Common variant names:
| Variant | What it does |
|-------------------------------|-------------------------------------------------------------------|
| `generic_wide` | One function, generic over `(Storage, Wide)` via `WideStorage` |
| `fixed_d38` | Hand-tuned `i128` kernel using the in-tree `Fixed` intermediate |
| `widen_to_d38` | D9/D18 widen into D38, run `fixed_d38`, narrow back |
| `borrow_d57` | D38 widens into D57, runs the wide kernel, narrows back |
| `wide_kernel` | Per-tier wide-int core emitted by `decl_wide_transcendental!` |
| `lookup_<width>_s<lo>_<hi>[_<func>]` | Bespoke per-(width, scale-range) override slot |
Variant names describe the algorithm, not the type. One variant may
serve many cells; one cell may have several variants competing.

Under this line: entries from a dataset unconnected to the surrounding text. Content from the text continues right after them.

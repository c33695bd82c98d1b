//! Whose sections pieces are.

ghost use Rattle.std.specs.Prelude.{◌≡◌, ◌<◌, ◌≤◌, ◌^◌, ℕ, length, slice_get, IfOk, Some};
ghost use Rattle.icf.specs.Sections.{sections_of, AreCandidates};
ghost use Rattle.icf.specs.Owners.{AreOwners, WithSections};

use crate::candidate::FoldCandidate;
use crate::field::Owner;
use link_base::Memory;
use std::alloc::Global;

/// Whose section each piece is, where it is a candidate's. No candidate's number is above that of its piece, so there are
/// at most 2^32.
pub(crate) fn owners_of(
    alloc: Global,
    pieces: usize,
    candidates: &[FoldCandidate],
) -> Result<Vec<Option<Owner>>, Memory>
    requires { AreCandidates pieces candidates.now }
    ensures owners { IfOk result (λ owners. AreOwners candidates.now pieces owners.items) }
    ensures few { IfOk result (λ _. length candidates.now ≤ 2 ^ 32) }
{
    let mut owners = vec![in alloc; None; pieces]?;
    for number in 0..candidates.len() {
        let candidate = &candidates[number];
        let narrow = narrowed(number, candidate.piece);
        take_sections(&mut owners, narrow, candidate);
    }
    Ok(owners)
}

/// A number as a `u32`, which it fits in, since it is not above one.
fn narrowed(number: usize, bound: u32) -> u32
    requires { number ≤ bound }
    ensures { result ≡ number }
{
    number as u32
}

/// Notes the sections of a candidate.
fn take_sections(owners: &mut Vec<Option<Owner>>, number: u32, candidate: &FoldCandidate)
    requires { (rank piece : ℕ) → slice_get (sections_of candidate.now) rank ≡ Some piece → piece < length owners.old.items }
    ensures { WithSections number (sections_of candidate.now) (length (sections_of candidate.now)) owners.old.items owners.new.items }
{
    for rank in 0..candidate.sections() {
        let piece = candidate.section(rank) as usize;
        owners[piece] = Some(Owner {
            candidate: number,
            rank,
        });
    }
}
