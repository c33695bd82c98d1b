//! The first of equal keys.

ghost use Rattle.std.specs.Prelude.{◌≡◌, ◌<◌, ◌≤◌, ◌^◌, length, IfOk};
ghost use Rattle.indexmap.specs.IndexMap.{get};
ghost use Rattle.icf.specs.FirstEqual.{AreFirstEqual, Enters};

use indexmap::IndexMap;
use link_base::Memory;
use std::alloc::Global;
use std::hash::Hash;

/// For each key, the number of the first key that equals it, in one pass that looks each up by its hash.
pub(crate) fn first_equal<K: Eq + Hash + Drop>(
    alloc: Global,
    keys: Vec<K>,
) -> Result<Vec<u32>, Memory>
    requires { length keys.items ≤ 2 ^ 32 }
    ensures { IfOk result (λ numbers. AreFirstEqual K.eq keys.items numbers.items) }
{
    let mut firsts = IndexMap::new(alloc);
    let mut numbers = Vec::with_capacity(alloc, keys.len())?;
    for key in keys {
        let number = numbers.len() as u32;
        let first = enter(&mut firsts, key, number)?;
        numbers.push(first)?;
    }
    Ok(numbers)
}

/// The number of a key, which is entered under this number where it has none.
fn enter<K: Eq + Hash + Drop>(
    firsts: &mut IndexMap<K, u32>,
    key: K,
    number: u32,
) -> Result<u32, Memory>
    ensures { IfOk result (λ first. Enters K.eq (get K.eq firsts.old) (get K.eq firsts.new) key number first) }
{
    if let Some(first) = firsts.get(&key) {
        return Ok(*first);
    }
    firsts.insert(key, number)?;
    Ok(number)
}
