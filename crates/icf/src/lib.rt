//! Identical COMDAT folding (ICF): which functions are equal. It takes the pieces of a link, what their relocations mean, and
//! the candidates, each with its associative children; it tells the crate that plans a link, for each candidate, the first
//! that it folds with, whose place it may have.
//! Its contract promises the greatest relation under which related candidates are alike: candidates with equal answers are
//! alike, and every other relation with that property lies inside. Which functions are candidates, and what becomes of a
//! folded one, is left to others.
#![tactic(auto)]

mod candidate;
mod contents;
mod field;
mod fields;
mod first_equal;
mod folding;
mod owners;
mod rounds;

pub use candidate::FoldCandidate;
pub use folding::fold;
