//! The fields of the sections of candidates.

ghost use Rattle.std.specs.Prelude.{◌≡◌, ◌++◌, ◌<◌, ℕ, length, map, slice_get, Some, IfOk, OnOk};
ghost use Rattle.std.specs.List.{AllPairs};
ghost use Rattle.icf.specs.Sections.{sections_of, fields_at, HasSection};
ghost use Rattle.icf.specs.Fields.{place_in, place_by, field_in, AreFields, AreFieldLists};
ghost use Rattle.icf.specs.Owners.{owner_at};

use crate::candidate::FoldCandidate;
use crate::field::{Field, Owner, Place};
use link_base::Memory;
use relocate::{Fix, Fixups, PackedFix, Target};
use std::alloc::Global;

/// The fields of each candidate.
pub(crate) fn all_fields(
    alloc: Global,
    fixes: &[Fixups],
    owners: &[Option<Owner>],
    candidates: &[FoldCandidate],
) -> Result<Vec<Vec<Field>>, Memory>
    requires within { (number rank piece : ℕ) → HasSection candidates.now number rank piece → piece < length fixes.now }
    requires ascending { (piece : ℕ) → AllPairs (λ left right. left.at < right.at) (fields_at fixes.now piece) }
    ensures { IfOk result (λ lists. AreFieldLists owners.now fixes.now candidates.now (length candidates.now) lists.items) }
{
    let mut lists = Vec::with_capacity(alloc, candidates.len())?;
    for candidate in candidates {
        let fields = fields_of(alloc, fixes, owners, candidate)?;
        lists.push(fields)?;
    }
    Ok(lists)
}

/// The fields of the sections of a candidate, section by section, and by their places in each.
fn fields_of(
    alloc: Global,
    fixes: &[Fixups],
    owners: &[Option<Owner>],
    candidate: &FoldCandidate,
) -> Result<Vec<Field>, Memory>
    requires within { (rank piece : ℕ) → slice_get (sections_of candidate.now) rank ≡ Some piece → piece < length fixes.now }
    requires ascending { (piece : ℕ) → AllPairs (λ left right. left.at < right.at) (fields_at fixes.now piece) }
    ensures { IfOk result (λ fields. AreFields owners.now fixes.now (sections_of candidate.now) fields.items) }
{
    let mut fields = Vec::new(alloc);
    for rank in 0..candidate.sections() {
        let piece = candidate.section(rank) as usize;
        add_fields(&mut fields, owners, rank, fixes[piece].fixes())?;
    }
    Ok(fields)
}

/// Adds the fields of a section.
fn add_fields(
    fields: &mut Vec<Field>,
    owners: &[Option<Owner>],
    rank: usize,
    fixes: &[PackedFix],
) -> Result<(), Memory>
    ensures { OnOk result (fields.new.items ≡ fields.old.items ++ map (field_in owners.now rank) fixes.now) }
{
    for fix in fixes {
        fields.push(field_in(owners, rank, &fix.unpacked()))?;
    }
    Ok(())
}

/// The field of a relocation of a section.
fn field_in(owners: &[Option<Owner>], rank: usize, fix: &Fix) -> Field
    ensures { result ≡ field_in owners.now rank fix.now }
{
    Field {
        rank,
        at: fix.at,
        kind: fix.kind,
        place: place_in(owners, fix),
    }
}

/// What a field's symbol means, which is known.
fn place_in(owners: &[Option<Owner>], fix: &Fix) -> Place
    ensures { result ≡ place_in owners.now fix.now.target }
{
    match fix.target {
        Some(Ok(Target::Piece { piece, value })) => place_by(owners, piece, value),
        Some(Ok(Target::Absolute(number))) => Place::Absolute(number),
        _ => Place::ImageBase,
    }
}

/// A place in a piece, or in the section of its owner.
fn place_by(owners: &[Option<Owner>], piece: u32, value: u32) -> Place
    ensures { result ≡ place_by (owner_at owners.now piece) piece value }
{
    match owners.get(piece as usize) {
        Some(Some(owner)) => Place::Section {
            candidate: owner.candidate,
            rank: owner.rank,
            value,
        },
        _ => Place::Piece { piece, value },
    }
}
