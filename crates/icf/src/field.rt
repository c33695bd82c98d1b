//! Fields, and what they name.

/// Whose section a piece is.
#[derive(Clone, Copy)]
pub(crate) struct Owner {
    /// The number of the candidate.
    pub candidate: u32,
    /// The place of the section: 0 for the candidate itself, and then its children.
    pub rank: usize,
}

/// What a field's symbol means.
#[derive(Clone, Copy, PartialEq, Eq, Hash)]
pub(crate) enum Place {
    /// A place in a section of a candidate: the candidate's number, or that of its class.
    Section {
        candidate: u32,
        rank: usize,
        value: u32,
    },
    /// A place in another piece.
    Piece {
        piece: u32,
        value: u32,
    },
    /// A number that does not change with the base.
    Absolute(u32),
    /// The start of the image.
    ImageBase,
}

/// A field of a section of a candidate.
#[derive(Clone, Copy, PartialEq, Eq, Hash)]
pub(crate) struct Field {
    /// The place of the section among those of the candidate.
    pub rank: usize,
    /// The offset in the section.
    pub at: u32,
    /// The type of the relocation.
    pub kind: u16,
    pub place: Place,
}
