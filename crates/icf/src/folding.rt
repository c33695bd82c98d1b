//! Which candidates fold.

ghost use Rattle.std.specs.Prelude.{◌≡◌, ℕ, List, length, IfOk};
ghost use Rattle.icf.specs.Sections.{input_from, IsFoldable};
ghost use Rattle.icf.specs.Folding.{AreLeast, KeepsAlike, RelatedBy, ArePairsBelow, AnsweredAlike};

use crate::candidate::FoldCandidate;
use crate::contents::first_classes;
use crate::fields::all_fields;
use crate::owners::owners_of;
use crate::rounds::split_all;
use link_base::Memory;
use relocate::Fixups;
use section_group::Piece;
use std::alloc::Global;

/// For each candidate, the number of the first candidate that it folds with: its own, where it folds with none before it.
/// A candidate's number is its place in the list.
///
/// Two candidates fold where they are alike: they and their children, which are as many, have one by one the same names,
/// flags, sizes, bytes and fields. Fields are the same where they have one place and type, and their targets are one, or
/// stand at one offset in the sections of one rank of two candidates that fold. So two functions that call each other, or
/// each itself, fold where they are otherwise equal; two that name different pieces of equal data do not. A relocation of
/// type ABSOLUTE is no field, and the order of relocations does not matter. (Own; after MSVC linker reference, "/OPT".)
///
/// `fixes` has the fields of each piece, with what their symbols mean. Candidates ascend by their pieces, and no piece is
/// there twice, as a candidate or as a child.
///
/// The bytes of candidates and children are hashed once. Then rounds of one pass each over all fields, which are hashed,
/// split the classes of candidates until a round splits none. A link takes few rounds; where candidates call one another
/// in a chain and differ at its end alone, there are as many rounds as candidates in the chain, and never more.
///
/// # Errors
///
/// `Memory` alone.
pub fn fold(
    alloc: Global,
    pieces: &[Piece<'_>],
    fixes: &[Fixups],
    candidates: &[FoldCandidate],
) -> Result<Vec<u32>, Memory>
    requires { IsFoldable (input_from pieces.now fixes.now candidates.now) }
    ensures length { IfOk result (λ answers. length answers.items ≡ length candidates.now) }
    ensures least { IfOk result (λ answers. AreLeast answers.items) }
    ensures alike { IfOk result (λ answers. KeepsAlike (input_from pieces.now fixes.now candidates.now) (AnsweredAlike answers.items)) }
    ensures greatest { IfOk result (λ answers. (pairs : List (ℕ × ℕ)) → ArePairsBelow (length candidates.now) pairs
        → KeepsAlike (input_from pieces.now fixes.now candidates.now) (RelatedBy pairs)
        → (left right : ℕ) → RelatedBy pairs left right → AnsweredAlike answers.items left right) }
{
    let owners = owners_of(alloc, pieces.len(), candidates)?;
    let fields = all_fields(alloc, fixes, &owners, candidates)?;
    let first = first_classes(alloc, pieces, candidates)?;
    split_all(alloc, &fields, first)
}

### Which kernel runs where
The wiring between **a typed value** and **a kernel** lives in
[`src/policy/<family>.rs`](src/policy/). One policy trait per family
(`SqrtPolicy`, `LnPolicy`, `TrigPolicy`, `PowPolicy`, …), implemented
once per width, generic over `const SCALE: u32`. The body picks a
kernel:
```rust
impl<const SCALE: u32> SqrtPolicy for D57<SCALE> {
fn sqrt_impl(self, mode: RoundingMode) -> Self {
// Scale-range overrides — first match wins.
if matches!(SCALE, 20..=20) {
return Self(sqrt::lookup_d57_s20::sqrt(self.0, mode));
}
// Width default.
Self(sqrt::generic_wide::sqrt_d57(self.0, SCALE, mode))
}
}
```
Because `SCALE` is `const`, the `if` is dead-code-eliminated per
monomorphisation. Every concrete `D57<S>` compiles to a direct call
to one kernel — zero runtime dispatch cost.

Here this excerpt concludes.